Uncovering Mental Health Disparities Through Social Determinants
摘要
Mental health disparities are significantly influenced by social determinants such as income level, education, employment status, access to healthcare, and environmental factors. Traditional methods for identifying at-risk populations often rely on statistical models that fail to capture the complex, nonlinear interactions between these determinants. In this study, we propose a machine learning-driven approach to uncover mental health disparities using a combination of Neural Network Modeling, Reinforcement Learning, and Random Forest. We leverage publicly available datasets, including those from the Centers for Disease Control and Prevention (CDC) and the U.S. Census Bureau, to extract critical socioeconomic and behavioral health indicators. Our methodology involves employing Random Forest for feature selection, ensuring the most influential social determinants are identified, followed by Neural Networks to model complex relationships and predict mental health outcomes. Additionally, Reinforcement Learning is integrated to optimize policy recommendations by simulating interventions that could mitigate disparities. The models are evaluated based on accuracy, precision, recall, and fairness metrics to assess their predictive power and ability to provide equitable insights.
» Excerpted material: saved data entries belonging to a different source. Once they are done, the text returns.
impl Links for MemoryLinks {
    ghost use Rattle.match_links.specs.MemoryPassed.{passed_of, callers_of, turned_away_in};
    ghost use Rattle.match_links.specs.MemoryRoom.{room_of};
    ghost use Rattle.match_links.specs.Room.{IsAmple, Leaves};
    ghost use Rattle.match_links.specs.Callers.{is_open_for};

    ghost passed = { λ links. links.passed.items };

    fn reserve(&mut self, lines: usize, text: usize) -> Result<(), AllocError>
        ensures same { passed_of self.new ≡ passed_of self.old }
        ensures callers { callers_of self.new ≡ callers_of self.old }
        ensures left { self.new.left ≡ self.old.left }
        ensures left_to_slow { self.new.left_to_slow ≡ self.old.left_to_slow }
        ensures room { OnOk result (IsAmple (room_of self.new) lines text) }
        ensures keeps { Leaves (room_of self.old) 0 (λ _. 0) (room_of self.new) }
        ensures logs { length (room_of self.new).logs ≡ length (room_of self.old).logs }
        ensures turned { turned_away_in self.new ≡ turned_away_in self.old }
    {
        self.told.reserve(lines)?;
        reserve_blanks(self.alloc, &mut self.blanks, lines)?;
        reserve_logs(&mut self.logs, text)?;
        self.wire.reserve(FRAME)
    }

    #[tactic(auto, using(crate::proofs::Passed::lines_when_sat, crate::proofs::Passed::log_when_sat))]
    fn accept(&mut self, node: u8, seat: u8) -> Result<(), LinkFault>
        ensures sat { OnOk result (passed_of self.new ≡ passed_of self.old ++ sat node seat ∷ []) }
        ensures failed { OnErr result (passed_of self.new ≡ passed_of self.old) }
        ensures nothing_taken { OnErr result (callers_of self.new ≡ callers_of self.old) }
        ensures granted { IfErr result (λ why. why ≡ OutOfMemory → ⊥) }
        ensures room { Leaves (room_of self.old) 0 (λ _. 0) (room_of self.new) }
        ensures turned { turned_away_in self.new ≡ turned_away_in self.old }
    {
        self.pass(Reached::Seat)?;
        if self.is_closed(node) {
            return Err(LinkFault::Failed);
        }
        self.callers.open_next(node, seat)?;
        self.passed.sat(node, seat);
        Ok(())
    }

    #[tactic(auto, using(crate::proofs::Passed::lines_when_came, crate::proofs::Passed::log_when_came))]
    fn read(&mut self, node: u8, seat: u8, piece: &mut [u8]) -> Result<usize, LinkFault>
        ensures within { IfOk result (λ count. count ≤ length piece.new) }
        ensures came { IfOk result (λ count. passed_of self.new ≡ passed_of self.old ++ came node seat (take count piece.new)) }
        ensures failed { OnErr result (passed_of self.new ≡ passed_of self.old) }
        ensures nothing_taken { OnErr result (callers_of self.new ≡ callers_of self.old) }
        ensures granted { IfErr result (λ why. why ≡ OutOfMemory → ⊥) }
        ensures room { Leaves (room_of self.old) 0 (λ _. 0) (room_of self.new) }
        ensures turned { turned_away_in self.new ≡ turned_away_in self.old }
    {
        self.pass(Reached::Seat)?;
        let count = self.callers.read(node, seat, piece)?;
        self.passed.came(node, seat, &piece[..count]);
        Ok(count)
    }

    #[tactic(auto, using(crate::proofs::Passed::lines_when_told, crate::proofs::Passed::log_when_told))]
    fn write(&mut self, node: u8, seat: u8, line: &[u8]) -> Result<(), LinkFault>
        ensures told { OnOk result (passed_of self.new ≡ passed_of self.old ++ WasTold node seat line.now ∷ []) }
        ensures failed { OnErr result (passed_of self.new ≡ passed_of self.old) }
        ensures answer { 1 ≤ (room_of self.old).lines → length line.now ≤ 4096
            → result ≡ reaching (passing self.old.left self.old.left_to_slow) (is_some (position (is_open_for node seat) (callers_of self.old))) }
        ensures room { Leaves (room_of self.old) 1 (λ _. 0) (room_of self.new) }
        ensures turned { turned_away_in self.new ≡ turned_away_in self.old }
    {
        self.pass(Reached::Seat)?;
        if !self.callers.is_open(node, seat) {
            return Err(LinkFault::Failed);
        }
        tell_one(
            self.alloc,
            &mut self.told,
            &mut self.blanks,
            node,
            seat,
            line,
        )?;
        self.passed.told(node, seat, line);
        Ok(())
    }

    /// Those who wait go on waiting: nobody asks for that seat any more. It is counted (`times_turned_away`).
    fn turn_away(&mut self, seat: u8)
        ensures same { passed_of self.new ≡ passed_of self.old }
        ensures turned { turned_away_in self.new ≡ once_more (turned_away_in self.old) seat }
        ensures room { Leaves (room_of self.old) 0 (λ _. 0) (room_of self.new) }
    {
        count_once(&mut self.turned_away, seat as usize);
    }

    fn hang_up(&mut self, node: u8, seat: u8)
        ensures same { passed_of self.new ≡ passed_of self.old }
        ensures room { Leaves (room_of self.old) 0 (λ _. 0) (room_of self.new) }
        ensures turned { turned_away_in self.new ≡ turned_away_in self.old }
    {
        self.callers.close_seat(node, seat);
    }

    fn send(&mut self, from: u8, to: u8, frame: &[u8]) -> Result<(), LinkFault>
        ensures same { passed_of self.new ≡ passed_of self.old }
        ensures answer { length frame.now ≤ (room_of self.old).frame → result ≡ passing self.old.left self.old.left_to_slow }
        ensures room { Leaves (room_of self.old) 0 (λ _. 0) (room_of self.new) }
        ensures turned { turned_away_in self.new ≡ turned_away_in self.old }
    {
        self.pass(Reached::Peer)?;
        self.wire.clear();
        self.ends = (from, to);
        match self.wire.extend_from_slice(frame) {
            Ok(()) => Ok(()),
            Err(_) => Err(LinkFault::OutOfMemory),
        }
    }

    fn receive(&mut self, from: u8, to: u8, frame: &mut [u8]) -> Result<(), LinkFault>
        ensures same { passed_of self.new ≡ passed_of self.old }
        ensures granted { IfErr result (λ why. why ≡ OutOfMemory → ⊥) }
        ensures room { Leaves (room_of self.old) 0 (λ _. 0) (room_of self.new) }
        ensures turned { turned_away_in self.new ≡ turned_away_in self.old }
    {
        self.pass(Reached::Peer)?;
        if self.ends.0 != from || self.ends.1 != to || frame.len() != self.wire.len() {
            return Err(LinkFault::Failed);
        }
        frame.copy_from_slice(&self.wire);
        Ok(())
    }

    #[tactic(auto, using(crate::proofs::Passed::lines_when_emptied, crate::proofs::Passed::log_when_emptied))]
    fn empty_log(&mut self, node: u8) -> Result<(), LinkFault>
        ensures emptied { OnOk result (passed_of self.new ≡ passed_of self.old ++ WasEmptied node ∷ []) }
        ensures failed { OnErr result (passed_of self.new ≡ passed_of self.old) }
        ensures granted { IfErr result (λ why. why ≡ OutOfMemory → ⊥) }
        ensures room { Leaves (room_of self.old) 0 (λ _. 0) (room_of self.new) }
        ensures turned { turned_away_in self.new ≡ turned_away_in self.old }
    {
        self.pass(Reached::Log)?;
        empty_one(&mut self.logs, node as usize)?;
        self.passed.emptied(node);
        Ok(())
    }

    #[tactic(auto, using(crate::proofs::Passed::lines_when_logged, crate::proofs::Passed::log_when_logged))]
    fn add_to_log(&mut self, node: u8, text: &[u8]) -> Result<(), LinkFault>
        ensures logged { OnOk result (passed_of self.new ≡ passed_of self.old ++ WasLogged node text.now ∷ []) }
        ensures failed { OnErr result (passed_of self.new ≡ passed_of self.old) }
        ensures answer { length text.now ≤ get_or (room_of self.old).logs node 0
            → result ≡ reaching (passing self.old.left self.old.left_to_slow) (nat_lt node (length (room_of self.old).logs)) }
        ensures room { Leaves (room_of self.old) 0 (λ i. if node == i then length text.now else 0) (room_of self.new) }
        ensures turned { turned_away_in self.new ≡ turned_away_in self.old }
    {
        self.pass(Reached::Log)?;
        add_to_one(&mut self.logs, node as usize, text)?;
        self.passed.logged(node, text);
        Ok(())
    }

    fn open(&mut self, node: u8) -> Result<(), LinkFault>
        ensures same { passed_of self.new ≡ passed_of self.old }
        ensures granted { IfErr result (λ why. why ≡ OutOfMemory → ⊥) }
        ensures room { Leaves (room_of self.old) 0 (λ _. 0) (room_of self.new) }
        ensures turned { turned_away_in self.new ≡ turned_away_in self.old }
    {
        self.pass(Reached::Ports)?;
        self.set_closed(node, false);
        Ok(())
    }

    fn part(&mut self, node: u8)
        ensures same { passed_of self.new ≡ passed_of self.old }
        ensures room { Leaves (room_of self.old) 0 (λ _. 0) (room_of self.new) }
        ensures turned { turned_away_in self.new ≡ turned_away_in self.old }
    {
        self.callers.close_node(node);
    }

    fn close_node(&mut self, node: u8)
        ensures same { passed_of self.new ≡ passed_of self.old }
        ensures room { Leaves (room_of self.old) 0 (λ _. 0) (room_of self.new) }
        ensures turned { turned_away_in self.new ≡ turned_away_in self.old }
    {
        self.set_closed(node, true);
        self.callers.close_node(node);
    }
}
The results demonstrate that our hybrid machine learning approach significantly improves mental health outcome predictions compared to traditional statistical models. Moreover, the reinforcement learning framework offers adaptive intervention strategies that could assist policymakers and healthcare professionals in addressing disparities more effectively. Our findings underscore the potential of AI-driven analytics in promoting mental health equity and guiding data-driven policy decisions.